个人简介2:Since 2005, Prof. Suk Won Cha has been an assistant, associate and full professor in the Department of Mechanical Engineering at Seoul National University. He served as the Associate Dean at the College of Engineering from 2013 to 2015 and the Associate Dean of Office of International Affairs at Seoul National University from 2019 to 2021. Currently, Prof. Cha serves as the President of Advanced Institute of Convergence Technology, a joint institute founded by Seoul National University and Gyeonggi Province of Korea.

Prof. Cha studied engineering at Seoul National University for B.S. degree and at Stanford University for M.S. and Ph.D. degree. For the past decades, Prof. Cha investigated advanced electrochemical cells from materials to system level. He pioneered innovative vacuum fabrication process for electrolyte/electrode materials, optimal energy management strategy of such systems, publishing more than two hundred papers – including covers and frontispiece - in relevant journals such as Journal of Materials Chemistry, Advanced Energy Materials, Applied Energy, Journal of Power Sources, CIRP Annals-Manufacturing Technology, IEEE Transactions on Control Systems Technology and so on. Also, Prof. Cha is well-recognized as a co-author of “Fuel Cell Fundamentals (Wiley and Sons)” - the world-wide bestseller in fuel cells research.

Prof. Cha served as an organizer, committee and board member of numerous conferences such as World Chemistry Congress (IUPAC), and International Electric Vehicle Symposium and Exhibition, Asian Solid Oxide Fuel Cells Symposium and Exhibition, Thin Films Meetings and so on. In addition, he was a longtime organizing chair of International Conference on Precision Engineering and Sustainable Manufacturing. Currently, Prof.
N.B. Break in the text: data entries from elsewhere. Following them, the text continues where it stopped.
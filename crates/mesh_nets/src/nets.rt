//! Which nets of a board are nearer to each other than a distance.

ghost use Rattle.std.specs.Prelude.{◌+◌, ◌*◌, ◌<◌, ◌≡◌, map, length, IfOk, OnOk};
ghost use Rattle.mesh_num.specs.FlatContours.{flat_contours};
ghost use Rattle.mesh_num.specs.Paths.{contours_of, shapes_of};
ghost use Rattle.mesh_nets.specs.Nets.{AreClearances};
ghost use Rattle.mesh_nets.specs.Private.Outlines.{AreOutlines, IsOutline};
ghost use Rattle.mesh_nets.specs.Private.PairsSoFar.{AddsClearance, AreClearancesBefore};

use crate::outlines::{Outline, outlines_of};
use crate::pairs::near_separation;
use mesh_num::num::IntNumber;
use mesh_num::shape::IntShapes;
use std::alloc::{AllocError, Global};

/// Two nets that are nearer to each other than a distance.
#[derive(Debug, Copy, Clone, PartialEq, Eq)]
pub struct NetClearance {
    /// The place of the first net, counted from 0.
    pub first: usize,
    /// The place of the second net, which comes after the first.
    pub second: usize,
    /// The square of their distance, in grid units and rounded down: 0 where they touch or overlap, or where one lies
    /// within the other.
    pub squared: u128,
}

/// The pairs of nets that are nearer to each other than a distance, each once, in ascending order of its first net,
/// then of its second.
///
/// A net is a list of polygons as an overlay or an offset returned them. A point belongs to it where it lies on one of
/// its edges, or where the windings of its contours round it do not add up to 0. Every two points of two nets that are
/// not listed, on the grid or between its points, are at least the distance apart. So nets that touch or overlap are
/// listed with any distance but 0, with which nothing is listed, and so is a net that lies within another one. A net
/// without points is far from all others. Coordinates may be any value, and distances are in grid units.
///
/// The boxes of each two nets are compared: 10,000 nets take 50 million short tests. Only where the boxes are nearer
/// than the distance is a pair measured. That takes about linear time where edges are short; then each contour of one
/// net is tested against all edges of the other. No contract says so. `Err` means that memory was refused.
pub fn clearances<I: IntNumber>(
    alloc: Global,
    nets: &[IntShapes<I>],
    distance: u32,
) -> Result<Vec<NetClearance>, AllocError>
    ensures { IfOk result (λ found. AreClearances (map (λ net. shapes_of net.items) nets.now)
        (distance * distance) found.items) }
{
    let outlines = outlines_of(alloc, nets)?;
    let mut found = Vec::new(alloc);
    for first in 0..nets.len() {
        add_clearances(alloc, nets, &outlines, first, distance, &mut found)?;
    }
    Ok(found)
}

/// Adds the pairs of a net with those that follow it, as far as they are nearer than a distance.
fn add_clearances<I: IntNumber>(
    alloc: Global,
    nets: &[IntShapes<I>],
    outlines: &[Outline<I>],
    first: usize,
    distance: u32,
    found: &mut Vec<NetClearance>,
) -> Result<(), AllocError>
    requires outlines { AreOutlines (map (λ net. shapes_of net.items) nets.now) (length nets.now) outlines.now }
    requires within { first < length nets.now }
    requires so_far { AreClearancesBefore (map (λ net. shapes_of net.items) nets.now) (distance * distance)
        first (first + 1) found.old.items }
    ensures { OnOk result (AreClearancesBefore (map (λ net. shapes_of net.items) nets.now) (distance * distance)
        (first + 1) (first + 2) found.new.items) }
{
    for second in first + 1..nets.len() {
        add_clearance(
            alloc,
            &nets[first],
            &outlines[first],
            &outlines[second],
            (first, second),
            distance,
            found,
        )?;
    }
    Ok(())
}

/// Adds a pair of nets, if they are nearer to each other than a distance. The first outline is that of the net.
fn add_clearance<I: IntNumber>(
    alloc: Global,
    net: &IntShapes<I>,
    first: &Outline<I>,
    second: &Outline<I>,
    pair: (usize, usize),
    distance: u32,
    found: &mut Vec<NetClearance>,
) -> Result<(), AllocError>
    requires first { IsOutline (contours_of (shapes_of net.now.items)) first.now }
    requires second { IsOutline (flat_contours second.now.contours) second.now }
    ensures { OnOk result (AddsClearance (distance * distance) first.now.edges.items second.now.edges.items
        pair found.old.items found.new.items) }
{
    let Some(squared) = near_separation(alloc, net, first, second, distance)? else {
        return Ok(());
    };
    found.push(NetClearance {
        first: pair.0,
        second: pair.1,
        squared,
    })?;
    Ok(())
}
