//! How far two nets are apart.

ghost use Rattle.std.specs.Prelude.{◌*◌, ◌≡◌, ◌⊎◌, [], IfOk, MatchOption};
ghost use Rattle.mesh_num.specs.FlatContours.{flat_contours};
ghost use Rattle.mesh_num.specs.Paths.{contours_of, shapes_of};
ghost use Rattle.mesh_nets.specs.Nets.{AreNetsApart, IsNetSeparation};
ghost use Rattle.mesh_nets.specs.Private.Outlines.{IsOutline};
ghost use Rattle.mesh_nets.specs.Private.PairsSoFar.{IsNearSeparation};

use crate::boxes::are_far;
use crate::outlines::Outline;
use crate::winding::do_enclose;
use mesh_clearance::clearance::clearance_of;
use mesh_num::num::IntNumber;
use mesh_num::shape::IntShapes;
use std::alloc::{AllocError, Global};

/// The squared distance of two nets, rounded down, or `None` where one has no point. It is that of their edges, and 0
/// where a contour of one lies within the other. The first outline is that of the net.
fn separation<I: IntNumber>(
    alloc: Global,
    net: &IntShapes<I>,
    first: &Outline<I>,
    second: &Outline<I>,
) -> Result<Option<u128>, AllocError>
    requires first { IsOutline (contours_of (shapes_of net.now.items)) first.now }
    requires second { IsOutline (flat_contours second.now.contours) second.now }
    ensures { IfOk result (λ found. MatchOption found
        ((first.now.edges.items ≡ []) ⊎ (second.now.edges.items ≡ []))
        (IsNetSeparation first.now.edges.items second.now.edges.items)) }
{
    let Some(squared) = clearance_of(alloc, net, &second.contours, true)? else {
        return Ok(None);
    };
    if do_enclose(&first.edges, &second.contours) {
        return Ok(Some(0));
    }
    if do_enclose(&second.edges, &first.contours) {
        return Ok(Some(0));
    }
    Ok(Some(squared))
}

/// The squared distance of two nets, rounded down, if they are nearer to each other than a distance. Where their boxes
/// are that far apart nothing else is looked at. The first outline is that of the net.
pub fn near_separation<I: IntNumber>(
    alloc: Global,
    net: &IntShapes<I>,
    first: &Outline<I>,
    second: &Outline<I>,
    distance: u32,
) -> Result<Option<u128>, AllocError>
    requires first { IsOutline (contours_of (shapes_of net.now.items)) first.now }
    requires second { IsOutline (flat_contours second.now.contours) second.now }
    ensures { IfOk result (λ found. MatchOption found
        (AreNetsApart (distance * distance) first.now.edges.items second.now.edges.items)
        (IsNearSeparation (distance * distance) first.now.edges.items second.now.edges.items)) }
{
    if are_far(first.around, second.around, distance) {
        return Ok(None);
    }
    let Some(squared) = separation(alloc, net, first, second)? else {
        return Ok(None);
    };
    let wide = distance as u128;
    if squared < wide * wide {
        return Ok(Some(squared));
    }
    Ok(None)
}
Cha serves as a Vice President of Thin Films Society and also the Editor-In-Chief of International Journal of Precision Engineering and Manufacturing – Green Technology.

As a recognition of his contribution to academic society, Prof. Cha is the recipient of several awards including Fuel Cells Research Award from The Korean Electrochemical Society, Academic Excellence Award from The Korean Society of Automotive Engineers, Highly Commended Paper of the Year from International Journal of Precision Engineering and Manufacturing – Green Technology and Springer Award for Most Cited Author of the Year from International Journal of Automotive Technology.

报告摘要2:Despite global efforts to reduce carbon dioxide emissions, the average global temperature continues to rise. Interest in renewable energy to replace fossil fuels is increasing, and solid oxide fuel cells are spotlighted as a promising alternative. In this study, a thin film solid oxide fuel cell was fabricated using inexpensive and highly productive metal support. In order to directly apply the thin film process to the metal support, a process for controlling the pores of the metal support was developed. Through the developed process, a metal-supported thin-film solid oxide fuel cell with high performance even at low temperatures was fabricated.